Start of Input

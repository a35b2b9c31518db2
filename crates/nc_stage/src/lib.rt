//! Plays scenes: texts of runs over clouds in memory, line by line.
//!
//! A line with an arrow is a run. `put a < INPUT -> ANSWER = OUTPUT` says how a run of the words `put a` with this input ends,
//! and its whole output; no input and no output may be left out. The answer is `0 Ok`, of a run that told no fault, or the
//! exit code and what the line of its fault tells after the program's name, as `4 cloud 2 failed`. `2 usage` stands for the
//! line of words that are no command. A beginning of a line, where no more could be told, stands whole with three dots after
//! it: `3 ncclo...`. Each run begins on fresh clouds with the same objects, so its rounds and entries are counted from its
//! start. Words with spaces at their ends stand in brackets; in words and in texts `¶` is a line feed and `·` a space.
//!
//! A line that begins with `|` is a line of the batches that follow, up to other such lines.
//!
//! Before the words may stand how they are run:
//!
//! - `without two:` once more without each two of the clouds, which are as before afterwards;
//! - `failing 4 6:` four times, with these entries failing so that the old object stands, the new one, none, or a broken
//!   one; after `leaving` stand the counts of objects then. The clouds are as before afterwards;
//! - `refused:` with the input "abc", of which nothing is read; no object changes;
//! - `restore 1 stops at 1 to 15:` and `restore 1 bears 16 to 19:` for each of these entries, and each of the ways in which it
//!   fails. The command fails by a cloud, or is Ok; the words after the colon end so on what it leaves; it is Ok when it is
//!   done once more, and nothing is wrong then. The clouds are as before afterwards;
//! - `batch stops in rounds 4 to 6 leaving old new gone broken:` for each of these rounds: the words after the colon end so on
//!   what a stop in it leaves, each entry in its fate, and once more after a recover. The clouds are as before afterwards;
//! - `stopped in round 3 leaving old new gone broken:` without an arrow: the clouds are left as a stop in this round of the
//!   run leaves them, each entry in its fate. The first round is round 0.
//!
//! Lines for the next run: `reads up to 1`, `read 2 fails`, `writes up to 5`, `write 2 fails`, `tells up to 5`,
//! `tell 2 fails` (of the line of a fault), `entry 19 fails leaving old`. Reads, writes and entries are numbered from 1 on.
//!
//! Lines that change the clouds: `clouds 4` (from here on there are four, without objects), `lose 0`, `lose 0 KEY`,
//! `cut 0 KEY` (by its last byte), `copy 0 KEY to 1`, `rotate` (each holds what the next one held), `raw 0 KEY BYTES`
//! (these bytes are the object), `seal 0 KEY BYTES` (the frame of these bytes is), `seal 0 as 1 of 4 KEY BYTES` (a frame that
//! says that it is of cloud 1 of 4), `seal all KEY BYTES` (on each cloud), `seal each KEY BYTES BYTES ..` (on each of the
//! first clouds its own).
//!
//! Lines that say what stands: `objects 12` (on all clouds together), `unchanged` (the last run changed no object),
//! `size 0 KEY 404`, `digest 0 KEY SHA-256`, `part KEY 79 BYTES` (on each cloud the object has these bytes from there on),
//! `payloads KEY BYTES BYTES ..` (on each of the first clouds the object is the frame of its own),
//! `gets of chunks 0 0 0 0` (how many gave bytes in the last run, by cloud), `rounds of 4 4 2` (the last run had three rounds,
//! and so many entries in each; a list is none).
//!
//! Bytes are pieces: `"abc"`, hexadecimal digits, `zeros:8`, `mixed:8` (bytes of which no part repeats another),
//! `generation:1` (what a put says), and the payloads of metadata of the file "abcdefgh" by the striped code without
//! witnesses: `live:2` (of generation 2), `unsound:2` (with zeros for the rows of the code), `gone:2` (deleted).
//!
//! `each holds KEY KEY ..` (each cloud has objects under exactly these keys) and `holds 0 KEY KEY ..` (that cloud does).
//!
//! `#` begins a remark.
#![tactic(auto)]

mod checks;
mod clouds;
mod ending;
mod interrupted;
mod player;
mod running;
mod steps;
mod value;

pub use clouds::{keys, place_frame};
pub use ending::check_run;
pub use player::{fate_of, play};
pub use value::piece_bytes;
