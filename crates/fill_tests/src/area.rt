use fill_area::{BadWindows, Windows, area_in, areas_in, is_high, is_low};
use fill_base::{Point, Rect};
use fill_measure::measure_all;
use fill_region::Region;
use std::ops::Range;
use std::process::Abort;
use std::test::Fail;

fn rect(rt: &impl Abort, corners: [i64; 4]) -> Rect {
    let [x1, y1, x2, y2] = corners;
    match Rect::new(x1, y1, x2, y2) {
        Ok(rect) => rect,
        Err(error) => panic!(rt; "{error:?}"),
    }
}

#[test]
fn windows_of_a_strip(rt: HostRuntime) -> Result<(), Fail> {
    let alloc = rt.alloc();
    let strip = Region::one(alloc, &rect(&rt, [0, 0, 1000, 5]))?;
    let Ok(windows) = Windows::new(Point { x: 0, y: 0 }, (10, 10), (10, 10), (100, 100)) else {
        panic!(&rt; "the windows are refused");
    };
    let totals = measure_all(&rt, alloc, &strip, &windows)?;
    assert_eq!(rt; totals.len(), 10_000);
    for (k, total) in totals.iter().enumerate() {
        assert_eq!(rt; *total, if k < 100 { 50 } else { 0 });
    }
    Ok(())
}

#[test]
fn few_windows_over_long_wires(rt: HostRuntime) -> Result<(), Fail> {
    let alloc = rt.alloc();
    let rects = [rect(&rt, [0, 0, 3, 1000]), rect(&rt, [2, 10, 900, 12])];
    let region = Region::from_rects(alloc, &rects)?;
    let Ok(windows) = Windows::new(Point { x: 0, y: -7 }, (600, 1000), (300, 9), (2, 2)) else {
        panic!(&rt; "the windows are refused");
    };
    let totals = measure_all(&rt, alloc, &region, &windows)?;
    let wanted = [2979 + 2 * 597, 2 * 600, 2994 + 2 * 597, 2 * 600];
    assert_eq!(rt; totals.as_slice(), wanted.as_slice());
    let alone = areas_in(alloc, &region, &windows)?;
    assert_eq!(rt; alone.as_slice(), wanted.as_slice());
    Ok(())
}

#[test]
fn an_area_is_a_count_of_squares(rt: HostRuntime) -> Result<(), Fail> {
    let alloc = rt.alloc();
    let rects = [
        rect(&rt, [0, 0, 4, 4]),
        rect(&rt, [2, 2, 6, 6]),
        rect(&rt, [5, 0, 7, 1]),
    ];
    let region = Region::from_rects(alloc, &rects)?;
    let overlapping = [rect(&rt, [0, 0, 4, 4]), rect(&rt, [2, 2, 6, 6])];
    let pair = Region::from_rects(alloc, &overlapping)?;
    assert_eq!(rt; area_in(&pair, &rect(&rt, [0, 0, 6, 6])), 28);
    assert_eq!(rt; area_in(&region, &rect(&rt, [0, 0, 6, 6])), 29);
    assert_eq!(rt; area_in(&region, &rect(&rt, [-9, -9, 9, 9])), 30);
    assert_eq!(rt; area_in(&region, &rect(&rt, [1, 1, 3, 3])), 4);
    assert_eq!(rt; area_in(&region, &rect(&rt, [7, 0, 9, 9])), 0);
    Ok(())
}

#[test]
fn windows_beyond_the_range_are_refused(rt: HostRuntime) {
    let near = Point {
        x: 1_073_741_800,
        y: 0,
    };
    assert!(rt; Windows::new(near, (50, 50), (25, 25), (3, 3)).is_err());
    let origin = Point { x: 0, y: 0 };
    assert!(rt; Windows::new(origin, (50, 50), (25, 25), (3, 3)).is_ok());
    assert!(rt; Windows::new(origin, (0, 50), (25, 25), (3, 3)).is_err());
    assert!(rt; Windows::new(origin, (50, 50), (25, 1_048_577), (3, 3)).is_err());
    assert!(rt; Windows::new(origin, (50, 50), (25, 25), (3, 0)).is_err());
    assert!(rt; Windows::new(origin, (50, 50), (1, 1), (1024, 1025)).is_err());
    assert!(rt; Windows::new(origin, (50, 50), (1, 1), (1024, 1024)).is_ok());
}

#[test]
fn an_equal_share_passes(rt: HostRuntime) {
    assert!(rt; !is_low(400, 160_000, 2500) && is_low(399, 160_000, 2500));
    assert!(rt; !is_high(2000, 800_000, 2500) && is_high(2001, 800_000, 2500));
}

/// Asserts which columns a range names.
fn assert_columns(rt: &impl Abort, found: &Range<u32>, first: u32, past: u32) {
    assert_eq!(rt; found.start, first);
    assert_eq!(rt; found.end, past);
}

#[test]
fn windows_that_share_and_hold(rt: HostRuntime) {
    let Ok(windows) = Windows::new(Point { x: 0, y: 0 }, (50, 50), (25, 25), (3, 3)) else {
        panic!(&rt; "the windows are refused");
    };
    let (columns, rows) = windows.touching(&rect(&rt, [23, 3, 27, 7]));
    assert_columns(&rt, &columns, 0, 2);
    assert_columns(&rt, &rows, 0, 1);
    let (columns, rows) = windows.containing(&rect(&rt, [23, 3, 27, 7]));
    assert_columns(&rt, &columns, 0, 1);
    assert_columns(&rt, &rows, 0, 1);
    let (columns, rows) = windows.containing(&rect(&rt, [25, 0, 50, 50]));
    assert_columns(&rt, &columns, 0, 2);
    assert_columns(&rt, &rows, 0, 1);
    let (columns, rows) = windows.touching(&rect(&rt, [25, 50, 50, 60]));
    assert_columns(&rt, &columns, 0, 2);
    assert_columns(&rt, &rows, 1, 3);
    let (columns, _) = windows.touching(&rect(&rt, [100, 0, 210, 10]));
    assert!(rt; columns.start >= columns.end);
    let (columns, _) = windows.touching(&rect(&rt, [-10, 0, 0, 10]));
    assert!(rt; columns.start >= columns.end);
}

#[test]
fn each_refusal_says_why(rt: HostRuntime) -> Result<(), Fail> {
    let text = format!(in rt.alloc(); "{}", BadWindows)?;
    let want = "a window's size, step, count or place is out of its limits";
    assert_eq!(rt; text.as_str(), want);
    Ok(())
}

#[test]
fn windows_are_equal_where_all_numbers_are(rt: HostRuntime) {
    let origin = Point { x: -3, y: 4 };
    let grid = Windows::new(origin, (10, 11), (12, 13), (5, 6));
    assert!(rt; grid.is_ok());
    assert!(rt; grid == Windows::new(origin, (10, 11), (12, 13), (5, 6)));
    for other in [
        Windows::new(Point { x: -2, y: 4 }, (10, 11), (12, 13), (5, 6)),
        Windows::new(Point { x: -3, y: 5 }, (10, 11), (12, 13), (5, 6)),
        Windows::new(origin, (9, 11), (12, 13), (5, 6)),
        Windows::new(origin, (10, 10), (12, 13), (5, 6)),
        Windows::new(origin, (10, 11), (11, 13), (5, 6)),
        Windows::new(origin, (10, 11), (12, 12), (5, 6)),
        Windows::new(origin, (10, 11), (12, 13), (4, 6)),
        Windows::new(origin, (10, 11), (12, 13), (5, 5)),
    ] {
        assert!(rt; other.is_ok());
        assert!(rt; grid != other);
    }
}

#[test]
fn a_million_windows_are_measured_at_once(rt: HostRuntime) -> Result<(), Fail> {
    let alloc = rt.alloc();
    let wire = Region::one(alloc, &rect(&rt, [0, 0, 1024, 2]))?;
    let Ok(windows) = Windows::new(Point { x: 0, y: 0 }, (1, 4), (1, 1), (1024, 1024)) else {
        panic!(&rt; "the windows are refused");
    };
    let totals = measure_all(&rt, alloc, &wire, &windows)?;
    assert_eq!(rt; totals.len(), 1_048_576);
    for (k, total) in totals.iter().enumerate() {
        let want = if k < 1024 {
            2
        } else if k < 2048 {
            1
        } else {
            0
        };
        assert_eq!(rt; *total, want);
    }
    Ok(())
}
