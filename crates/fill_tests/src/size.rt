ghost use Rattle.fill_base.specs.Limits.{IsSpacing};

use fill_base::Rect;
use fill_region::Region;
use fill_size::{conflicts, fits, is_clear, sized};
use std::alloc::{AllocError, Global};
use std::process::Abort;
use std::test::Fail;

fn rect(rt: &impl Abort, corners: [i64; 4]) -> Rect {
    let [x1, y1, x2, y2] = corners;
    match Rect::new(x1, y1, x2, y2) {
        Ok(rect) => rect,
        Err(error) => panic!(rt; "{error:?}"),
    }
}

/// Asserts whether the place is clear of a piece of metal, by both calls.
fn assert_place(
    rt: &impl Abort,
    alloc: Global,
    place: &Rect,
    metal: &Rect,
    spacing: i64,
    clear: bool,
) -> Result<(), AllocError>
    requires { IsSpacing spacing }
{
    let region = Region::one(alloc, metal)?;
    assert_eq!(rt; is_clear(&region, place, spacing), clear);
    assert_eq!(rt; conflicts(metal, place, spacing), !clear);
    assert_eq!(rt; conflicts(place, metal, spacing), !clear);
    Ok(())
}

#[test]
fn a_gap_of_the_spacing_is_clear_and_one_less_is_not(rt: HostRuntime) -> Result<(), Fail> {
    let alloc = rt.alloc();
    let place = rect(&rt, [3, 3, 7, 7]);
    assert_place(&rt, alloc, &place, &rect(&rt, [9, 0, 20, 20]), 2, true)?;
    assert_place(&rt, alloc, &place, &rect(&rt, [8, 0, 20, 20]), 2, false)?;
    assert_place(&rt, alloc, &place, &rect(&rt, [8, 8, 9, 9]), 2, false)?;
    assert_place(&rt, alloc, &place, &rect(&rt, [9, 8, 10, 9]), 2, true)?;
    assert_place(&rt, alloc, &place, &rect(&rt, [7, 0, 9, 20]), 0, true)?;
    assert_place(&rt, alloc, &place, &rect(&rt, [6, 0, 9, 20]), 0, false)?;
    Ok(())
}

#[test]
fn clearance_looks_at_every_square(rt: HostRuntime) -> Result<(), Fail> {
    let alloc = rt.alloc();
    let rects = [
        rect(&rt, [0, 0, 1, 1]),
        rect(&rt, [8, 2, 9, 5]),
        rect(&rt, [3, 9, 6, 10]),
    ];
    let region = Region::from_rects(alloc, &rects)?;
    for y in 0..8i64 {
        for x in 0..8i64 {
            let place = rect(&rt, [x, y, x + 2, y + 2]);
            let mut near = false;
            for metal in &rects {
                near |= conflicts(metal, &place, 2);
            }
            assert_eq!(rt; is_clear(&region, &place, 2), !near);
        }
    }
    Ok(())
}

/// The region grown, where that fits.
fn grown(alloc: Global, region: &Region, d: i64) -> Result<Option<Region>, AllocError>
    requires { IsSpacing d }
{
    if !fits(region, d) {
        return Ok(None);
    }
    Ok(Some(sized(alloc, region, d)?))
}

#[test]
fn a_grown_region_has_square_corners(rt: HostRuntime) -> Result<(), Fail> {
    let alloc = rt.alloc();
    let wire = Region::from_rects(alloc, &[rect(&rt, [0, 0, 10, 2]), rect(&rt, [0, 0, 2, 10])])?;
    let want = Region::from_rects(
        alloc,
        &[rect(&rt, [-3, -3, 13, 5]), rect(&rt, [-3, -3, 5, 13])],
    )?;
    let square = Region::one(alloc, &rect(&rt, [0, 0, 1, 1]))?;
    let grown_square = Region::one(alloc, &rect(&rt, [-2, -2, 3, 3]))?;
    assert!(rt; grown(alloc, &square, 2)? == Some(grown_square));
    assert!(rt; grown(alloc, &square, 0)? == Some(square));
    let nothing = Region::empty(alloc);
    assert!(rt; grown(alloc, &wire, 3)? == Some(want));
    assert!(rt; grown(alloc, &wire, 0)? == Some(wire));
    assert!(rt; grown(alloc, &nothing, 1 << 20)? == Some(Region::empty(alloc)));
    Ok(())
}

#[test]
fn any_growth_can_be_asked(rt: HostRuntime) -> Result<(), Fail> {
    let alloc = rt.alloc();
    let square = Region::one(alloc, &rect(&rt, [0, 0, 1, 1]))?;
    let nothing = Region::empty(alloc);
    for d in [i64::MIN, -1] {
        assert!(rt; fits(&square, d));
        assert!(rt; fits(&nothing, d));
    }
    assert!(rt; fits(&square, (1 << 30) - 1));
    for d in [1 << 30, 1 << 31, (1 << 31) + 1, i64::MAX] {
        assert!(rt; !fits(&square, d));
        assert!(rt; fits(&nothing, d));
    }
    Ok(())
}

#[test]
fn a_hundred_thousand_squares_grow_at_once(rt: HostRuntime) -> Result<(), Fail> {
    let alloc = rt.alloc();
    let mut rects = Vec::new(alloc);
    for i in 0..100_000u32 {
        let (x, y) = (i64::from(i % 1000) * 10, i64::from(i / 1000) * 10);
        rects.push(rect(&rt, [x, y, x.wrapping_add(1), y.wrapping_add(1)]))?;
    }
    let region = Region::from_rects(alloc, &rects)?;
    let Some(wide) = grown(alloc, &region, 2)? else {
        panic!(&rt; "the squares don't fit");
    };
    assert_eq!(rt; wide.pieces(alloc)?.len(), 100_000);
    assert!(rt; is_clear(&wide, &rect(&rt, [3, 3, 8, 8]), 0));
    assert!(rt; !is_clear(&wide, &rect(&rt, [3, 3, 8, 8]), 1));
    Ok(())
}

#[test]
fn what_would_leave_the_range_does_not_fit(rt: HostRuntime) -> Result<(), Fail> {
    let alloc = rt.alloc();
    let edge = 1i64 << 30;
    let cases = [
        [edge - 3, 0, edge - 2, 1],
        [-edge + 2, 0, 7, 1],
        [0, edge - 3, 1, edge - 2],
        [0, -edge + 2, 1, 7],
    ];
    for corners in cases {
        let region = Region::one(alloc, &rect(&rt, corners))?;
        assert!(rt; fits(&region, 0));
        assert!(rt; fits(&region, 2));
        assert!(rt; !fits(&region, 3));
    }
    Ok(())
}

End of Input

= What the exercise asks =
Give back precisely the lines above that start at the line containing "10, 900, 12])];" and end at the line containing "a range names.", inclusive. No other lines belong in the output.

= Task result =
    let rects = [rect(&rt, [0, 0, 3, 1000]), rect(&rt, [2, 10, 900, 12])];
    let region = Region::from_rects(alloc, &rects)?;
    let Ok(windows) = Windows::new(Point { x: 0, y: -7 }, (600, 1000), (300, 9), (2, 2)) else {
        panic!(&rt; "the windows are refused");
    };
    let totals = measure_all(&rt, alloc, &region, &windows)?;
    let wanted = [2979 + 2 * 597, 2 * 600, 2994 + 2 * 597, 2 * 600];
    assert_eq!(rt; totals.as_slice(), wanted.as_slice());
    let alone = areas_in(alloc, &region, &windows)?;
    assert_eq!(rt; alone.as_slice(), wanted.as_slice());
    Ok(())
}

#[test]
fn an_area_is_a_count_of_squares(rt: HostRuntime) -> Result<(), Fail> {
    let alloc = rt.alloc();
    let rects = [
        rect(&rt, [0, 0, 4, 4]),
        rect(&rt, [2, 2, 6, 6]),
        rect(&rt, [5, 0, 7, 1]),
    ];
    let region = Region::from_rects(alloc, &rects)?;
    let overlapping = [rect(&rt, [0, 0, 4, 4]), rect(&rt, [2, 2, 6, 6])];
    let pair = Region::from_rects(alloc, &overlapping)?;
    assert_eq!(rt; area_in(&pair, &rect(&rt, [0, 0, 6, 6])), 28);
    assert_eq!(rt; area_in(&region, &rect(&rt, [0, 0, 6, 6])), 29);
    assert_eq!(rt; area_in(&region, &rect(&rt, [-9, -9, 9, 9])), 30);
    assert_eq!(rt; area_in(&region, &rect(&rt, [1, 1, 3, 3])), 4);
    assert_eq!(rt; area_in(&region, &rect(&rt, [7, 0, 9, 9])), 0);
    Ok(())
}

#[test]
fn windows_beyond_the_range_are_refused(rt: HostRuntime) {
    let near = Point {
        x: 1_073_741_800,
        y: 0,
    };
    assert!(rt; Windows::new(near, (50, 50), (25, 25), (3, 3)).is_err());
    let origin = Point { x: 0, y: 0 };
    assert!(rt; Windows::new(origin, (50, 50), (25, 25), (3, 3)).is_ok());
    assert!(rt; Windows::new(origin, (0, 50), (25, 25), (3, 3)).is_err());
    assert!(rt; Windows::new(origin, (50, 50), (25, 1_048_577), (3, 3)).is_err());
    assert!(rt; Windows::new(origin, (50, 50), (25, 25), (3, 0)).is_err());
    assert!(rt; Windows::new(origin, (50, 50), (1, 1), (1024, 1025)).is_err());
    assert!(rt; Windows::new(origin, (50, 50), (1, 1), (1024, 1024)).is_ok());
}

#[test]
fn an_equal_share_passes(rt: HostRuntime) {
    assert!(rt; !is_low(400, 160_000, 2500) && is_low(399, 160_000, 2500));
    assert!(rt; !is_high(2000, 800_000, 2500) && is_high(2001, 800_000, 2500));
}

/// Asserts which columns a range names.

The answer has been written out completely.